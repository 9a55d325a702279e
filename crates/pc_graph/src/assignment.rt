//! What assignments do.

ghost use Rattle.std.specs.Prelude.{◌≡◌, ◌<◌, ◌≤◌, true};
ghost use Rattle.pc_rows.specs.declared.row.TheConstants.{VARIABLES};
ghost use Rattle.pc_program.specs.Sane.{sane_right};
ghost use Rattle.pc_flow.specs.Arc.{IsFit};
ghost use Rattle.pc_graph.specs.Lowering.{assigned, low_end, high_end};

use pc_flow::What;
use pc_language::{Bound, Choice};
use pc_program::{Right, form_of};
use std::alloc::Global;

/// What an assignment does.
pub(crate) fn assigned(alloc: Global, n: u32, var: u32, right: &Right) -> What
    requires few { n ≤ VARIABLES }
    requires variable { var < n }
    requires sane { sane_right n right.now ≡ true }
    ensures value { result ≡ assigned var right.now }
    ensures fit { IsFit (assigned var right.now) }
{
    let form = form_of(alloc, &right.expr);
    What::Set {
        var,
        form,
        lo: low_end(&right.choice),
        hi: high_end(&right.choice),
    }
}

/// The lower end of a choice, or 0.
fn low_end(choice: &Option<Choice>) -> Bound
    ensures { result ≡ low_end choice.now }
{
    match choice {
        Some(choice) => choice.lo,
        None => Bound::At(0),
    }
}

/// The upper end of a choice, or 0.
fn high_end(choice: &Option<Choice>) -> Bound
    ensures { result ≡ high_end choice.now }
{
    match choice {
        Some(choice) => choice.hi,
        None => Bound::At(0),
    }
}
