//! From programs to graphs.

ghost use Rattle.std.specs.Prelude.{◌≡◌, ◌<◌, ◌≤◌, ◌+◌, ◌^◌, OnOk, IfOk, true};
ghost use Rattle.pc_rows.specs.declared.row.TheConstants.{VARIABLES};
ghost use Rattle.pc_program.specs.Sane.{sane_stmt, sane_stmts};
ghost use Rattle.pc_program.specs.declared.tree.Stmt.TheVariants.{If, While};
ghost use Rattle.pc_graph.specs.Drawn.{extended, entered};
ghost use Rattle.pc_graph.specs.Lowering.{rule, rules, graph};

use crate::assembly::points;
use crate::assignment::assigned;
use crate::draft::Draft;
use crate::side::Side;
use pc_flow::{Graph, What};
use pc_program::{Compare, Program, Stmt, Test, rows_of};
use pc_text::{NoMemory, Place};
use std::alloc::Global;

/// What the rule of a statement of a program with `n` variables makes.
#[cycle(lowering)]
fn lower_stmt(n: u32, s: &Stmt, draft: &mut Draft) -> Result<(), NoMemory>
    requires few { n ≤ VARIABLES }
    requires sane { sane_stmt n s.now ≡ true }
    requires room { (rule s.now draft.old.at draft.old.next).next < 2 ^ 32 }
    ensures { OnOk result (draft.new ≡ extended draft.old (rule s.now draft.old.at draft.old.next)) }
{
    match s {
        Stmt::Set { place, var, right } => {
            let what = assigned(draft.alloc, n, *var, right);
            draft.link(*place, what)
        }
        Stmt::Assert { place, all } => {
            let rows = rows_of(draft.alloc, all.as_slice())?;
            draft.link(*place, What::Check(rows))
        }
        Stmt::Assume { place, all } => {
            let rows = rows_of(draft.alloc, all.as_slice())?;
            draft.link(*place, What::Test(rows))
        }
        Stmt::If {
            place,
            test,
            then_part,
            else_part,
        } => lower_if(
            n,
            *place,
            test,
            then_part.as_slice(),
            else_part.as_slice(),
            draft,
        ),
        Stmt::While {
            place,
            test,
            tried,
            body,
        } => lower_while(n, *place, test, tried.as_slice(), body.as_slice(), draft),
    }
}

/// The two sides of an `if`, and the point after them.
#[cycle(lowering)]
fn lower_if(
    n: u32,
    place: Place,
    test: &Test,
    then_part: &[Stmt],
    else_part: &[Stmt],
    draft: &mut Draft,
) -> Result<(), NoMemory>
    requires few { n ≤ VARIABLES }
    requires sane { sane_stmt n (If place test.now then_part.now else_part.now) ≡ true }
    requires room { (rule (If place test.now then_part.now else_part.now) draft.old.at draft.old.next).next < 2 ^ 32 }
    ensures { OnOk result (draft.new ≡ extended draft.old (rule (If place test.now then_part.now else_part.now) draft.old.at draft.old.next)) }
{
    let p = draft.at();
    draft.branch(n, p, place, test, Side::Then)?;
    lower_list(n, then_part, draft)?;
    let t = draft.at();
    draft.branch(n, p, place, test, Side::Else)?;
    lower_list(n, else_part, draft)?;
    draft.join(place, t)
}

/// A `while`: its head is the present point, its block leads back there, and its exit to the next present point.
#[cycle(lowering)]
fn lower_while(
    n: u32,
    place: Place,
    test: &Test,
    tried: &[Compare],
    block: &[Stmt],
    draft: &mut Draft,
) -> Result<(), NoMemory>
    requires few { n ≤ VARIABLES }
    requires sane { sane_stmt n (While place test.now tried.now block.now) ≡ true }
    requires room { (rule (While place test.now tried.now block.now) draft.old.at draft.old.next).next < 2 ^ 32 }
    ensures { OnOk result (draft.new ≡ extended draft.old (rule (While place test.now tried.now block.now) draft.old.at draft.old.next)) }
{
    let p = draft.at();
    let rows = rows_of(draft.alloc, tried)?;
    draft.head(rows)?;
    draft.branch(n, p, place, test, Side::Body)?;
    lower_list(n, block, draft)?;
    draft.turn(p)?;
    draft.branch(n, p, place, test, Side::Exit)
}

/// What the rules of statements make, one after the other.
#[cycle(lowering)]
fn lower_list(n: u32, list: &[Stmt], draft: &mut Draft) -> Result<(), NoMemory>
    requires few { n ≤ VARIABLES }
    requires sane { sane_stmts n list.now ≡ true }
    requires room { (rules list.now draft.old.at draft.old.next).next < 2 ^ 32 }
    ensures { OnOk result (draft.new ≡ extended draft.old (rules list.now draft.old.at draft.old.next)) }
{
    for s in list {
        lower_stmt(n, s, draft)?;
    }
    Ok(())
}

/// The graph of a program. It refuses for want of memory alone.
pub fn lower(alloc: Global, p: &Program) -> Result<Graph, NoMemory>
    ensures { IfOk result (λ g. g ≡ graph p.now) }
{
    let variables = p.names.len();
    let params = p.names.params();
    let mut draft = entered(alloc, p.place, params)?;
    lower_list(variables, p.body.as_slice(), &mut draft)?;
    let Draft {
        alloc: _,
        at: _,
        next: _,
        places,
        edges,
        loops,
    } = draft;
    let points = points(alloc, loops.as_slice(), places.as_slice())?;
    Graph::new(alloc, params, variables, points, edges)
}

/// The entry, the start, and the edge from one to the other.
fn entered(alloc: Global, place: Place, params: u32) -> Result<Draft, NoMemory>
    requires { params ≤ VARIABLES }
    ensures { IfOk result (λ draft. draft ≡ entered place params) }
{
    let mut draft = Draft::new(alloc, 0, 0);
    draft.point(place)?;
    draft.point(place)?;
    draft.edge(0, 1, What::Enter { params }, false)?;
    Ok(draft)
}
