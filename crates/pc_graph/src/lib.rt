//! The graph of a program: its points and edges, which take the steps of the program.
//!
//! Graphs themselves are those of `pc_flow`; what this crate owns is how they are made. The crate
//! `pc_lower` is another thing: it finds the rows that the points of a graph need.
#![tactic(auto)]

mod assembly;
mod assignment;
mod draft;
mod laws;
mod lowering;
mod row;
mod side;

pub use laws::{
    checks_stand_alone, choices_drive, graphs_are_kept, loop_free_graphs, loops_are_marked,
    loops_have_their_heads, owed_is_violated, paid_programs_are_safe, places_are_theirs,
    rests_are_safe, steps_correspond, straight_graphs, straight_is_loop_free,
};
pub use lowering::lower;
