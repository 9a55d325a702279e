//! Points put together from their places and the loops.

ghost use Rattle.std.specs.Prelude.{◌≡◌, ◌==◌, ◌<◌, ◌^◌, length, IfOk};
ghost use Rattle.std.specs.List.{list_any};
ghost use Rattle.pc_graph.specs.Lowering.{points_from, point_at, tried_at};

use crate::draft::Loop;
use pc_flow::PointInfo;
use pc_rows::Rows;
use pc_text::{NoMemory, Place};
use sqlite_items::Items;
use std::alloc::Global;

/// The points with these places, of which some are the heads of the loops.
pub(crate) fn points(
    alloc: Global,
    loops: &[Loop],
    places: &[Place],
) -> Result<Items<PointInfo>, NoMemory>
    requires { length places.now < 2 ^ 32 }
    ensures { IfOk result (λ points. points ≡ points_from loops.now 0 places.now) }
{
    let mut points = Items::new(alloc);
    for i in 0..places.len() {
        let point = point_at(alloc, loops, i as u32, places[i])?;
        if points.push(point).is_err() {
            return Err(NoMemory);
        }
    }
    Ok(points)
}

/// A point with its place.
fn point_at(alloc: Global, loops: &[Loop], p: u32, place: Place) -> Result<PointInfo, NoMemory>
    ensures { IfOk result (λ point. point ≡ point_at loops.now p place) }
{
    let tried = tried_at(alloc, loops, p)?;
    Ok(PointInfo {
        head: is_head(loops, p),
        tried,
        place,
    })
}

/// Whether a point is the head of one of the loops.
fn is_head(loops: &[Loop], p: u32) -> bool
    ensures { result ≡ list_any (λ l. l.head == p) loops.now }
{
    loops.iter().any(|l| l.head == p)
}

/// The rows that the loop of a head tries, and none at a point that is no head.
fn tried_at(alloc: Global, loops: &[Loop], p: u32) -> Result<Rows, NoMemory>
    ensures { IfOk result (λ rows. rows ≡ tried_at loops.now p) }
{
    for l in loops {
        if l.head == p {
            return match l.tried.copy() {
                Ok(rows) => Ok(rows),
                Err(_) => Err(NoMemory),
            };
        }
    }
    Ok(Rows::new(alloc))
}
───
§ Activity: Write out each line of the data that holds the string "crates".

§ Completed exercise:
filename crates/pc_graph/src/assignment.rt
filename crates/pc_graph/src/lib.rt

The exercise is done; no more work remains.